Stratégies concrètes de développement professionnel économique

Les communautés apprenantes de proximité

Les recherches d'Etienne Wenger sur les communautés de pratique ont profondément transformé notre compréhension du développement professionnel. Sa théorie démontre que le développement le plus efficace se construit dans des environnements collaboratifs, horizontaux, basés sur l'échange et la réciprocité, sans nécessiter d'investissements financiers significatifs.

 

Les exemples internationaux illustrent parfaitement cette approche. En Finlande, les établissements scolaires ont institutionnalisé deux heures mensuelles d'observation croisée entre enseignants. Au Japon, la pratique des "Lesson Study" est systématisée dans chaque établissement. En Nouvelle-Zélande, des groupes de recherche-action internes ont été créés, permettant un développement professionnel endogène et économique.

 

La recherche-action comme alternative économique

Helen Timperley[3] établit un cadre théorique précis pour comprendre les approches de développement professionnel les plus efficaces. Ces dernières se caractérisent par un ancrage profond dans le contexte spécifique de l'enseignant, reposant sur une démarche réflexive qui implique une analyse systématique des pratiques. Le point crucial réside dans le fait que ces approches ne nécessitent pas d'investissements financiers massifs, mais plutôt une posture intellectuelle et professionnelle renouvelée.

 

Les travaux de François Muller en France apportent une validation empirique à cette perspective. Sa recherche menée dans l'académie de Grenoble démontre qu'un enseignant peut significativement améliorer ses performances pédagogiques en développant une pratique réflexive structurée, sans engager de coûts supplémentaires. L'étude révèle qu'une approche méthodique d'auto-analyse peut permettre un gain de 0,7 écart-type en termes de performance pédagogique.

 

Monter et animer un groupe de "co-développement", Guide et exemples du Québec [4]

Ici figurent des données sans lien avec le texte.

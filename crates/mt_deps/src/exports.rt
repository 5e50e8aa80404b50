//! The forms of exports.
ghost use Rattle.std.specs.Prelude.{◌≡◌, ◌∷◌, IfOk, option_map};
ghost use Rattle.mt_tokens.specs.Forms.{begins_import, declared_names, declaring_words, ending_words, ends_names, export_all, export_declared, export_default, export_form, export_list, function_name, given_name, is_any_word, is_declared};
ghost use Rattle.mt_tokens.specs.declared.forms.Form.TheVariants.{ExportFrom};
ghost use Rattle.mt_tokens.specs.Cut.{AreCut};
ghost use Rattle.mt_deps.specs.Seen.{seen_items, seen_of, seen_site};

use crate::lists::{ItemsRead, end_of_statement, read_all, read_from, read_list};
use crate::seen::SeenTokens;
use crate::sites::{
    Site, Sites, after_first, begins_with, begins_with_word, is_name_token, is_word_at,
    leading_name,
};
use mt_containers::List;
use mt_tokens::{Bound, Form, Named, Token, is_mark_token, is_plain_here, is_word_token};
use std::alloc::{AllocError, Global};

/// An export from a module, if there is one.
fn export_from(bound: Bound, named: Option<Named>) -> Option<Form>
    ensures { result ≡ option_map (λ m. ExportFrom bound m) named }
{
    match named {
        Some(named) => Some(Form::ExportFrom { bound, named }),
        None => None,
    }
}

/// `LIST from S`, or `LIST`.
fn read_export_list(alloc: Global, text: &str, list: ItemsRead) -> Result<Option<Form>, AllocError>
    requires { AreCut text.now (seen_items list).rest }
    ensures { IfOk result (λ f. f ≡ export_list text.now (seen_items list.entry)) }
{
    let bytes = text.as_bytes();
    if !begins_with_word(bytes, b"from", list.rest) {
        let end = end_of_statement(bytes, list.close, list.rest);
        return Ok(Some(Form::ExportList {
            items: list.items,
            end,
        }));
    }
    let named = read_from(alloc, text, list.rest)?;
    Ok(export_from(Bound::Listed(list.items), named))
}

/// After `export *`: `from S`, or `as n from S`.
#[tactic(auto, using(crate::proofs::Cuts::all_rest))]
fn read_export_all(
    alloc: Global,
    text: &str,
    tokens: SeenTokens,
) -> Result<Option<Form>, AllocError>
    requires { AreCut text.now (seen_of tokens) }
    ensures { IfOk result (λ f. f ≡ export_all text.now (seen_of tokens.entry)) }
{
    let bytes = text.as_bytes();
    if begins_with_word(bytes, b"from", tokens) {
        let named = read_from(alloc, text, tokens)?;
        return Ok(export_from(Bound::Nothing, named));
    }
    let Some(read) = read_all(bytes, tokens) else {
        return Ok(None);
    };
    let named = read_from(alloc, text, read.rest)?;
    Ok(export_from(read.bound, named))
}

/// The name after `function`, which a `*` may follow.
fn name_of_function(bytes: &[u8], tokens: SeenTokens) -> Option<Token>
    ensures { result ≡ function_name bytes.now (seen_of tokens.entry) }
{
    if begins_with(bytes, b"*", tokens) {
        leading_name(after_first(tokens))
    } else {
        leading_name(tokens)
    }
}

/// The name of a function or a class.
fn name_given(bytes: &[u8], tokens: SeenTokens) -> Option<Token>
    ensures { result ≡ given_name bytes.now (seen_of tokens.entry) }
{
    let Some((first, after)) = tokens.split_first() else {
        return None;
    };
    if is_word_token(bytes, b"class", first) {
        leading_name(after)
    } else if is_word_token(bytes, b"function", first) {
        name_of_function(bytes, after)
    } else if is_word_token(bytes, b"async", first) && begins_with_word(bytes, b"function", after) {
        name_of_function(bytes, after_first(after))
    } else {
        None
    }
}

/// Whether a token is a word that begins the next statement.
fn is_ending_word(bytes: &[u8], token: Token) -> bool
    ensures { result ≡ is_any_word bytes.now ending_words token }
{
    is_word_token(bytes, b"export", token)
        || is_word_token(bytes, b"var", token)
        || is_word_token(bytes, b"let", token)
        || is_word_token(bytes, b"const", token)
        || is_word_token(bytes, b"if", token)
        || is_word_token(bytes, b"for", token)
        || is_word_token(bytes, b"while", token)
        || is_word_token(bytes, b"do", token)
        || is_word_token(bytes, b"switch", token)
        || is_word_token(bytes, b"try", token)
        || is_word_token(bytes, b"throw", token)
}

/// Whether an `import` begins a statement here.
fn is_import_statement(bytes: &[u8], site: &Site) -> bool
    ensures { result ≡ begins_import bytes.now (seen_site site.now) }
{
    is_word_at(bytes, b"import", site)
        && !(begins_with(bytes, b"(", site.after) || begins_with(bytes, b".", site.after))
}

/// Whether a list of declared names is over here.
fn is_end_of_names(bytes: &[u8], site: &Site) -> bool
    ensures { result ≡ ends_names bytes.now (seen_site site.now) }
{
    site.depth == 0
        && (is_mark_token(bytes, b";", site.here)
            || (is_ending_word(bytes, site.here) && is_plain_here(bytes, site.before))
            || is_import_statement(bytes, site))
}

/// Whether a name stands here directly after a `,` of depth 0.
fn is_name_after_comma(bytes: &[u8], site: &Site) -> bool
    ensures { result ≡ is_declared bytes.now (seen_site site.now) }
{
    let after_comma = site
        .before
        .is_some_and(|token| is_mark_token(bytes, b",", token));
    site.depth == 0 && is_name_token(site.here) && after_comma
}

/// The names that `var`, `let` or `const` declares.
fn read_names(
    alloc: Global,
    bytes: &[u8],
    keyword: Token,
    tokens: SeenTokens,
) -> Result<List<Token>, AllocError>
    ensures { IfOk result (λ names. names ≡ declared_names bytes.now keyword (seen_of tokens.entry)) }
{
    let mut names = List::new(alloc);
    let Some((first, _)) = tokens.split_first() else {
        return Ok(names);
    };
    names.push(first)?;
    let mut sites = Sites::new(Some(keyword), tokens);
    while let Some(site) = sites.next(bytes) {
        if is_end_of_names(bytes, &site) {
            return Ok(names);
        }
        if is_name_after_comma(bytes, &site) {
            names.push(site.here)?;
        }
    }
    Ok(names)
}

/// After `export default`.
fn read_export_default(bytes: &[u8], default: Token, tokens: SeenTokens) -> Form
    ensures { result ≡ export_default bytes.now default (seen_of tokens.entry) }
{
    let local = match name_given(bytes, tokens) {
        Some(name) if !is_word_token(bytes, b"extends", name) => Some(name),
        _ => None,
    };
    Form::ExportDefault {
        end: default.end,
        local,
    }
}

fn is_declaring_word(bytes: &[u8], token: Token) -> bool
    ensures { result ≡ is_any_word bytes.now declaring_words token }
{
    is_word_token(bytes, b"var", token)
        || is_word_token(bytes, b"let", token)
        || is_word_token(bytes, b"const", token)
}

/// After `export`: a function or a class with a name, or names that are declared. `tokens` are the first and those after it.
fn read_export_declared(
    alloc: Global,
    bytes: &[u8],
    first: Token,
    after: SeenTokens,
    tokens: SeenTokens,
) -> Result<Option<Form>, AllocError>
    requires { (seen_of tokens) ≡ first ∷ (seen_of after) }
    ensures { IfOk result (λ f. f ≡ export_declared bytes.now first (seen_of after.entry)) }
{
    if let Some(name) = name_given(bytes, tokens) {
        let mut names = List::new(alloc);
        names.push(name)?;
        return Ok(Some(Form::ExportDeclared { names }));
    }
    if is_declaring_word(bytes, first) && leading_name(after).is_some() {
        let names = read_names(alloc, bytes, first, after)?;
        return Ok(Some(Form::ExportDeclared { names }));
    }
    Ok(None)
}

/// What stands after `export`.
#[tactic(auto, using(crate::proofs::Cuts::list_rest))]
pub(crate) fn read_export_form(
    alloc: Global,
    text: &str,
    tokens: SeenTokens,
) -> Result<Option<Form>, AllocError>
    requires { AreCut text.now (seen_of tokens) }
    ensures { IfOk result (λ f. f ≡ export_form text.now (seen_of tokens.entry)) }
{
    let bytes = text.as_bytes();
    let Some((first, after)) = tokens.split_first() else {
        return Ok(None);
    };
    if is_mark_token(bytes, b"{", first) {
        return match read_list(alloc, bytes, after)? {
            Some(list) => read_export_list(alloc, text, list),
            None => Ok(None),
        };
    }
    if is_mark_token(bytes, b"*", first) {
        return read_export_all(alloc, text, after);
    }
    if is_word_token(bytes, b"default", first) {
        return Ok(Some(read_export_default(bytes, first, after)));
    }
    read_export_declared(alloc, bytes, first, after, tokens)
}
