//! Tokens, without the blanks and the comments between them.
ghost use Rattle.std.specs.Prelude.{◌≡◌, ◌<◌, ◌^◌, ◌∷◌, [], length, MatchOption};
ghost use Rattle.mt_tokens.specs.Words.{seen};

use mt_tokens::{Token, is_seen_kind};

/// Tokens of which blanks and comments are passed over as they are met.
#[derive(Clone, Copy)]
pub(crate) struct SeenTokens<'t> {
    /// All of them.
    pub tokens: &'t [Token],
    ghost few: { length tokens.now < 2 ^ 64 },
}

impl<'t> SeenTokens<'t> {
    /// The first one, and those after it.
    pub(crate) fn split_first(self) -> Option<(Token, SeenTokens<'t>)>
        ensures { MatchOption result (seen self.entry.tokens.now ≡ []) (λ (first, rest). seen self.entry.tokens.now ≡ first ∷ seen rest.tokens.now) }
    {
        let mut tokens = self.tokens;
        while let Some((first, rest)) = tokens.split_first() {
            if is_seen_kind(first.kind) {
                return Some((*first, SeenTokens { tokens: rest }));
            }
            tokens = rest;
        }
        None
    }
}
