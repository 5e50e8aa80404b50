//! Tokens where they stand.
ghost use Rattle.std.specs.Prelude.{◌≡◌, ◌+◌, ◌≤◌, ◌<◌, ◌^◌, ◌∷◌, [], drop, length, IfSome, MatchOption, Some};
ghost use Rattle.mt_tokens.specs.Sites.{begins, begins_word, depth_after, first_name, is_plain_at};
ghost use Rattle.mt_tokens.specs.Words.{is_ident};
ghost use Rattle.mt_deps.specs.Seen.{seen_of, seen_site};

use crate::seen::SeenTokens;
use mt_tokens::{
    Token, TokenKind, is_closing_token, is_mark_token, is_opening_token, is_plain_word,
    is_word_token,
};

/// A token where it stands.
#[derive(Clone, Copy)]
pub(crate) struct Site<'t> {
    /// The token before it.
    pub before: Option<Token>,
    /// How many openers are unclosed before it.
    pub depth: usize,
    pub here: Token,
    /// The tokens after it.
    pub after: SeenTokens<'t>,
}

pub(crate) fn is_name_token(token: Token) -> bool
    ensures { result ≡ is_ident token.kind }
{
    matches!(token.kind, TokenKind::Ident)
}

/// Whether this plain word stands here.
pub(crate) fn is_word_at(bytes: &[u8], word: &[u8], site: &Site) -> bool
    ensures { result ≡ is_plain_at bytes.now word.now (seen_site site.now) }
{
    is_plain_word(bytes, word, site.before, site.here)
}

/// Whether the first of the tokens is this punctuator.
pub(crate) fn begins_with(bytes: &[u8], mark: &[u8], tokens: SeenTokens) -> bool
    ensures { result ≡ begins bytes.now mark.now (seen_of tokens.entry) }
{
    match tokens.split_first() {
        Some((first, _)) => is_mark_token(bytes, mark, first),
        None => false,
    }
}

/// Whether the first of the tokens is this word.
pub(crate) fn begins_with_word(bytes: &[u8], word: &[u8], tokens: SeenTokens) -> bool
    ensures { result ≡ begins_word bytes.now word.now (seen_of tokens.entry) }
{
    match tokens.split_first() {
        Some((first, _)) => is_word_token(bytes, word, first),
        None => false,
    }
}

/// The first of the tokens, if it is a name.
pub(crate) fn leading_name(tokens: SeenTokens) -> Option<Token>
    ensures { result ≡ first_name (seen_of tokens.entry) }
{
    let (first, _) = tokens.split_first()?;
    is_name_token(first).then_some(first)
}

/// The tokens after the first.
pub(crate) fn after_first(tokens: SeenTokens) -> SeenTokens
    ensures { seen_of result ≡ drop 1 (seen_of tokens.entry) }
{
    tokens.split_first().map_or(tokens, |(_, rest)| rest)
}

/// How many openers are unclosed after a token.
fn next_depth(bytes: &[u8], depth: usize, token: Token) -> usize
    requires { depth < usize.MAX }
    ensures exact { result ≡ depth_after bytes.now depth token }
    ensures most { result ≤ depth + 1 }
{
    let closed = usize::from(is_closing_token(bytes, token));
    depth.saturating_sub(closed) + usize::from(is_opening_token(bytes, token))
}

/// The sites of tokens that are left, of which the depth can be counted.
#[derive(Clone, Copy)]
pub(crate) struct Sites<'t> {
    before: Option<Token>,
    depth: usize,
    rest: SeenTokens<'t>,
    ghost room: { depth + length (seen_of rest) < 2 ^ 64 },
}

impl<'t> Sites<'t> {
    /// The sites of tokens that are after this one, at depth 0.
    #[tactic(auto, using(crate::proofs::Steps::seen_within))]
    pub(crate) fn new(before: Option<Token>, rest: SeenTokens<'t>) -> Sites<'t>
        ensures before { result.before ≡ before }
        ensures depth { result.depth ≡ 0 }
        ensures rest { result.rest ≡ rest.entry }
    {
        Sites {
            before,
            depth: 0,
            rest,
        }
    }

    /// The first of them, which is taken out.
    pub(crate) fn next(&mut self, bytes: &[u8]) -> Option<Site<'t>>
        ensures site { MatchOption result (seen_of self.old.rest ≡ []) (λ s. (seen_of self.old.rest ≡ s.here ∷ seen_of s.after) × (s.before ≡ self.old.before) × (s.depth ≡ self.old.depth)) }
        ensures before { IfSome result (λ s. self.new.before ≡ Some s.here) }
        ensures depth { IfSome result (λ s. self.new.depth ≡ depth_after bytes.now self.old.depth s.here) }
        ensures rest { IfSome result (λ s. self.new.rest ≡ s.after) }
    {
        let (here, after) = self.rest.split_first()?;
        let site = Site {
            before: self.before,
            depth: self.depth,
            here,
            after,
        };
        *self = Sites {
            before: Some(here),
            depth: next_depth(bytes, site.depth, here),
            rest: after,
        };
        Some(site)
    }
}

Le codéveloppement est une « approche de formation qui mise sur le groupe et sur les interactions des participants pour favoriser l’atteinte de l’objectif fondamental : améliorer la pratique professionnelle » (2). Il repose sur un modèle d’accompagnement en groupe restreint et de formation continue fondé sur l’«apprendre ensemble ». En d’autres mots, cette approche utilise l’entraide par les pairs pour susciter la réflexion sur sa pratique en vue de développer ses compétences.

 Un groupe est composé de quatre à dix professionnelles et professionnels de l’orientation. À tour de rôle, les membres agissent à titre d’accompagné et d’accompagnant. L’accompagné témoigne d’une préoccupation liée à son travail, d’un défi ou d’une impasse professionnelle en précisant l’aide qu’il attend du groupe. Les accompagnants (autres membres du groupe) écoutent l’accompagné afin de lui apporter leur aide, selon ses besoins.

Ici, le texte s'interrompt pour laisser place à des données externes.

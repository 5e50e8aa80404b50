//! What a text requires, imports and exports, and what a bundle has in place of parts of it.
#![tactic(auto)]

mod calls;
mod exports;
mod gathering;
mod imports;
mod law;
mod lists;
mod numbers;
mod reading;
mod seen;
mod shields;
mod sites;
mod spans;

pub use law::law_of_uses;
pub use mt_tokens::{Dep, DepFault, DepKind, DepList, Mark, Use};
pub use reading::deps;
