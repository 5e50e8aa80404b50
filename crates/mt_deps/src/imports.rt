//! The forms of imports.
ghost use Rattle.std.specs.Prelude.{◌≡◌, IfOk, option_map};
ghost use Rattle.mt_tokens.specs.Forms.{bound_import, default_import, import_form};
ghost use Rattle.mt_tokens.specs.declared.forms.Form.TheVariants.{Import};
ghost use Rattle.mt_tokens.specs.Cut.{AreCut};
ghost use Rattle.mt_deps.specs.Seen.{seen_of};

use crate::lists::{end_of_statement, read_bound, read_from, read_named};
use crate::seen::SeenTokens;
use crate::sites::{after_first, begins_with, is_name_token};
use mt_tokens::{Bound, Form, Named, Token, TokenKind};
use std::alloc::{AllocError, Global};

/// An import of a module, if there is one.
fn import_of(default: Option<Token>, bound: Bound, named: Option<Named>) -> Option<Form>
    ensures { result ≡ option_map (λ m. Import default bound m) named }
{
    match named {
        Some(named) => Some(Form::Import {
            default,
            bound,
            named,
        }),
        None => None,
    }
}

/// `* as n from S`, or `LIST from S`.
fn read_bound_import(
    alloc: Global,
    text: &str,
    default: Option<Token>,
    tokens: SeenTokens,
) -> Result<Option<Form>, AllocError>
    requires { AreCut text.now (seen_of tokens) }
    ensures { IfOk result (λ f. f ≡ bound_import text.now default (seen_of tokens.entry)) }
{
    let Some(read) = read_bound(alloc, text.as_bytes(), tokens)? else {
        return Ok(None);
    };
    let named = read_from(alloc, text, read.rest)?;
    Ok(import_of(default, read.bound, named))
}

/// After `import d`: `from S`, or `,` and what else is taken.
#[tactic(auto, using(crate::proofs::Cuts::but_first))]
fn read_default_import(
    alloc: Global,
    text: &str,
    name: Token,
    tokens: SeenTokens,
) -> Result<Option<Form>, AllocError>
    requires { AreCut text.now (seen_of tokens) }
    ensures { IfOk result (λ f. f ≡ default_import text.now name (seen_of tokens.entry)) }
{
    if begins_with(text.as_bytes(), b",", tokens) {
        return read_bound_import(alloc, text, Some(name), after_first(tokens));
    }
    let named = read_from(alloc, text, tokens)?;
    Ok(import_of(Some(name), Bound::Nothing, named))
}

/// What stands after `import`.
pub(crate) fn read_import_form(
    alloc: Global,
    text: &str,
    tokens: SeenTokens,
) -> Result<Option<Form>, AllocError>
    requires { AreCut text.now (seen_of tokens) }
    ensures { IfOk result (λ f. f ≡ import_form text.now (seen_of tokens.entry)) }
{
    let Some((first, after)) = tokens.split_first() else {
        return Ok(None);
    };
    if matches!(first.kind, TokenKind::Str) {
        let end = end_of_statement(text.as_bytes(), first, after);
        let named = read_named(alloc, text, first, end)?;
        return Ok(import_of(None, Bound::Nothing, named));
    }
    if is_name_token(first) {
        return read_default_import(alloc, text, first, after);
    }
    read_bound_import(alloc, text, None, tokens)
}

L’un des objectifs est de former des professionnelles et des professionnels de l’orientation afin qu’ils puissent mettre sur pied un groupe de codéveloppement dans leur milieu et en assurer l’animation. L’équipe de recherche du projet propose trois étapes à réaliser avant de se lancer dans l’animation d’un groupe de codéveloppement :


La deuxième étape consiste à recruter les participants . La démarche de codéveloppement se réalise en groupe restreint. L’expérience tend à montrer que dix membres dans un groupe constituent une limite à ne pas franchir pour permettre des échanges fructueux et des interactions significatives sans restreindre le temps de parole de chaque participant.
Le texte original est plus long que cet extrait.